A simple Chinese word segmentation
CLucene - a C + + search engine http://sourceforge.net/projects/clucene/
Traditions are based on the full-text retrieval database, Sql Server Oracle mysql are providing full-text retrieval, but these comparisons, not suitable for stand-alone or small applications (Mysql4.0 above can be used as integrated development), Mysql did not support Chinese.
It was learned later that the open-source Apache has a full-text search engine, and application of broad, and its Apache Lucene is the JAVA version of the full-text retrieval engine, performance is excellent, a java version Unfortunately, I think there has been in C or C + + version, and finally one day in http://sourceforge.net Amoy to a good Dongdong, Clucene!
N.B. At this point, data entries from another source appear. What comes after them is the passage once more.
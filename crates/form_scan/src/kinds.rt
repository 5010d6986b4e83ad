//! What a scan answers, and the parts of an instruction on the way there.
use row_table::{Class, Fields, Shape};

/// The instruction at the front of some bytes.
#[derive(Clone, Copy)]
pub enum Scan {
    /// Its fields and its length.
    Whole(Fields, u8),
    /// The bytes end within it.
    Short,
    /// None begins so.
    Dead,
}

/// Why reading stops.
#[derive(Clone, Copy)]
pub enum Stop {
    Short,
    Dead,
}

/// What the prefixes say.
#[derive(Clone, Copy)]
pub struct Front {
    /// The last of 64 and 65, or 0.
    pub segment: u8,
    pub lock: bool,
    /// The last of F2 and F3, or 0.
    pub rep: u8,
    pub p66: bool,
    pub p67: bool,
    /// The last byte where it is REX, or 0.
    pub rex: u8,
}

/// What REX, VEX or EVEX says, with the class and the map.
#[derive(Clone, Copy)]
pub struct Payload {
    pub class: Class,
    pub map: u8,
    pub w: bool,
    pub r: u8,
    pub x: u8,
    pub b: u8,
    pub v: u8,
    pub l: u8,
    pub pp: u8,
    pub z: bool,
    pub bc: bool,
    pub aaa: u8,
}

/// The prefixes and the byte after them.
#[derive(Clone, Copy)]
pub struct Lead {
    pub front: Front,
    pub byte: u8,
}

/// All up to the opcode, and which bytes follow it.
#[derive(Clone, Copy)]
pub struct Head {
    pub front: Front,
    pub payload: Payload,
    pub opcode: u8,
    pub shape: Shape,
}
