//! Transfers over the pages at 0x1000, 0x2000 and 0x3000.

/// A transfer between pieces and a stream or a file: address and length of each piece; the page that is away at first, by its
/// number, or 0; how many bytes the source or the file has, or the most that the file may have; how many bytes have moved when
/// that page is asked for; and how many move in all, where they aren't put.
pub type Case = (&'static [(u64, u64)], u64, u32, Option<u64>, u64);

static MOVES: [Case; 15] = [
    (&[], 0, 9, None, 0),
    (&[(0x1000, 0)], 1, 9, None, 0),
    (&[(0x1FFF, 1)], 2, 9, None, 1),
    (&[(0x1001, 4095)], 2, 9000, None, 4095),
    (&[(0x1000, 4096)], 0, 4096, None, 4096),
    (&[(0x1000, 4097)], 2, 9000, Some(4096), 4097),
    (&[(0x1000, 12288)], 1, 20000, Some(0), 12288),
    (&[(0x1000, 12288)], 2, 20000, Some(4096), 12288),
    (&[(0x1000, 12288)], 3, 20000, Some(8192), 12288),
    (
        &[(0x1800, 0x1000), (7, 0), (0x2800, 0x800)],
        2,
        20000,
        Some(0x800),
        0x1800,
    ),
    (
        &[(0x1F00, 0x200), (0x1F80, 0x200)],
        2,
        2000,
        Some(0x100),
        0x400,
    ),
    (
        &[(0x3FF0, 16), (0x1000, 16), (0x3FF8, 8)],
        1,
        30,
        Some(16),
        30,
    ),
    (&[(0x1000, 12288)], 0, 3, None, 3),
    (&[(0x1000, 12288)], 2, 4096, Some(4096), 4096),
    (&[(0x2000, 5)], 2, 0, Some(0), 0),
];

pub fn moves() -> &'static [Case] {
    &MOVES
}

// The first two draws behind the number 0.
const FIRST: u64 = 1_442_695_040_888_963_407;

const SECOND: u64 = 1_876_011_003_808_476_466;

// The bytes of these draws.
static DRAWN: [u8; 16] = [
    0x4F, 0x81, 0x67, 0xF7, 0x7E, 0x7B, 0x05, 0x14, 0x32, 0x6D, 0xBA, 0x84, 0x11, 0xEE, 0x08, 0x1A,
];

pub fn drawn() -> &'static [u8] {
    &DRAWN
}

/// How many bytes are drawn to an address from the number 0; how many have come, and the number then, when the page 2 is asked
/// for; the number at the end.
pub type Draw = (u64, u64, Option<(u64, u64)>, u64);

static DRAWS: [Draw; 7] = [
    (0x1000, 0, None, 0),
    (0x1000, 1, None, FIRST),
    (0x1FF8, 8, None, FIRST),
    (0x1000, 9, None, SECOND),
    (0x1FFD, 12, Some((3, 0)), SECOND),
    (0x1FF8, 16, Some((8, FIRST)), SECOND),
    (0x1FF1, 16, Some((15, FIRST)), SECOND),
];

pub fn draws() -> &'static [Draw] {
    &DRAWS
}

/// What comes of a path.
#[derive(Drop)]
pub enum Want {
    Text(&'static str),
    TooLong,
    Fault,
    /// The page 2 is asked for, and the text is this once it is there.
    Waits(&'static str),
}

/// Where a path begins, the bytes that stand there, and what comes of it; there are 0s elsewhere.
pub type PathCase = (u64, &'static str, Want);

static PATHS: [PathCase; 10] = [
    (0x1000, "", Want::Text("")),
    (0x1000, "/bin/x", Want::Text("/bin/x")),
    (0x1FFC, "abc", Want::Text("abc")),
    (0x1FFD, "abc", Want::Waits("abc")),
    (0x3FFF, "", Want::Text("")),
    (0x3FFD, "abc", Want::Fault),
    (0x0FFF, "", Want::Fault),
    (0x7FFF_FFFF_FFFF, "", Want::Fault),
    (0x8000_0000_0000, "", Want::Fault),
    (u64::MAX, "", Want::Fault),
];

pub fn paths() -> &'static [PathCase] {
    &PATHS
}
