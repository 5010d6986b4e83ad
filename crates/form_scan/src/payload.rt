//! What the bits of REX, VEX and EVEX say. VEX and EVEX hold their register bits inverted.
ghost use Rattle.std.specs.Prelude.{◌≡◌};
ghost use Rattle.form_scan.specs.Payload.{of_rex, of_vex_two, of_vex_three, of_evex};

use crate::kinds::Payload;
use row_table::Class;

/// A legacy instruction's: the bits of its REX byte, all 0 where `rex` is 0.
#[tactic(auto, unfolding(crate::specs::Payload::of_rex))]
pub(crate) fn from_rex(map: u8, rex: u8) -> Payload
    ensures { result ≡ of_rex map rex }
{
    Payload {
        class: Class::Legacy,
        map,
        w: rex / 8 % 2 == 1,
        r: rex / 4 % 2,
        x: rex / 2 % 2,
        b: rex % 2,
        v: 0,
        l: 0,
        pp: 0,
        z: false,
        bc: false,
        aaa: 0,
    }
}

/// C5 and one byte.
#[tactic(auto, unfolding(crate::specs::Payload::of_vex_two))]
pub(crate) fn from_vex_two(p: u8) -> Payload
    ensures { result ≡ of_vex_two p }
{
    Payload {
        class: Class::Vex,
        map: 1,
        w: false,
        r: 1 - p / 128 % 2,
        x: 0,
        b: 0,
        v: 15 - p / 8 % 16,
        l: p / 4 % 2,
        pp: p % 4,
        z: false,
        bc: false,
        aaa: 0,
    }
}

/// C4 and two bytes.
#[tactic(auto, unfolding(crate::specs::Payload::of_vex_three))]
pub(crate) fn from_vex_three(p: u8, q: u8) -> Payload
    ensures { result ≡ of_vex_three p q }
{
    Payload {
        class: Class::Vex,
        map: p % 32,
        w: q / 128 % 2 == 1,
        r: 1 - p / 128 % 2,
        x: 1 - p / 64 % 2,
        b: 1 - p / 32 % 2,
        v: 15 - q / 8 % 16,
        l: q / 4 % 2,
        pp: q % 4,
        z: false,
        bc: false,
        aaa: 0,
    }
}

/// 62 and three bytes.
#[tactic(auto, unfolding(crate::specs::Payload::of_evex))]
pub(crate) fn from_evex(p: u8, q: u8, s: u8) -> Payload
    ensures { result ≡ of_evex p q s }
{
    Payload {
        class: Class::Evex,
        map: p % 8,
        w: q / 128 % 2 == 1,
        r: (1 - p / 128 % 2) + 2 * (1 - p / 16 % 2),
        x: 1 - p / 64 % 2,
        b: 1 - p / 32 % 2,
        v: (15 - q / 8 % 16) + 16 * (1 - s / 8 % 2),
        l: s / 32 % 4,
        pp: q % 4,
        z: s / 128 % 2 == 1,
        bc: s / 16 % 2 == 1,
        aaa: s % 8,
    }
}
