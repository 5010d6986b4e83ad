//! The shape of an instruction: which of its bytes are prefixes, opcode, ModRM, SIB, displacement and
//! immediate, and what they say.
#![tactic(auto)]

mod front;
mod head;
mod kinds;
mod payload;
mod scanning;
mod tail;

pub use kinds::Scan;
pub use scanning::{LIMIT, scan};

#[cfg(test)]
mod tests;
CLucene is C + + version of the full-text retrieval engine, fully transplantation in the Lucene, but not on the Chinese language support, and there is a lot of memory leaks,: P
Cluene Chinese do not support the sub-term, I wrote a simple Chinese word segmentation, probably thinking that the traditional two-morphology, because the Chinese word segmentation unlike such English language, an encounter spaces or punctuation is deemed The end of a word, so two points on the use of morphology, for example, is two points morphology: Beijing, into Beijing, Beijing City. This will be great to thesaurus, but is a simple segmentation method (over time I would like to introduce my Chinese word segmentation some thinking), of course, can not be retrieved in the importation of "Beijing" so not on retrieval, as long as the importation: "Beijing + + Beijing city," Beijing can be retrieved, although accuracy is not high, but for the simple word, but you will miss some words.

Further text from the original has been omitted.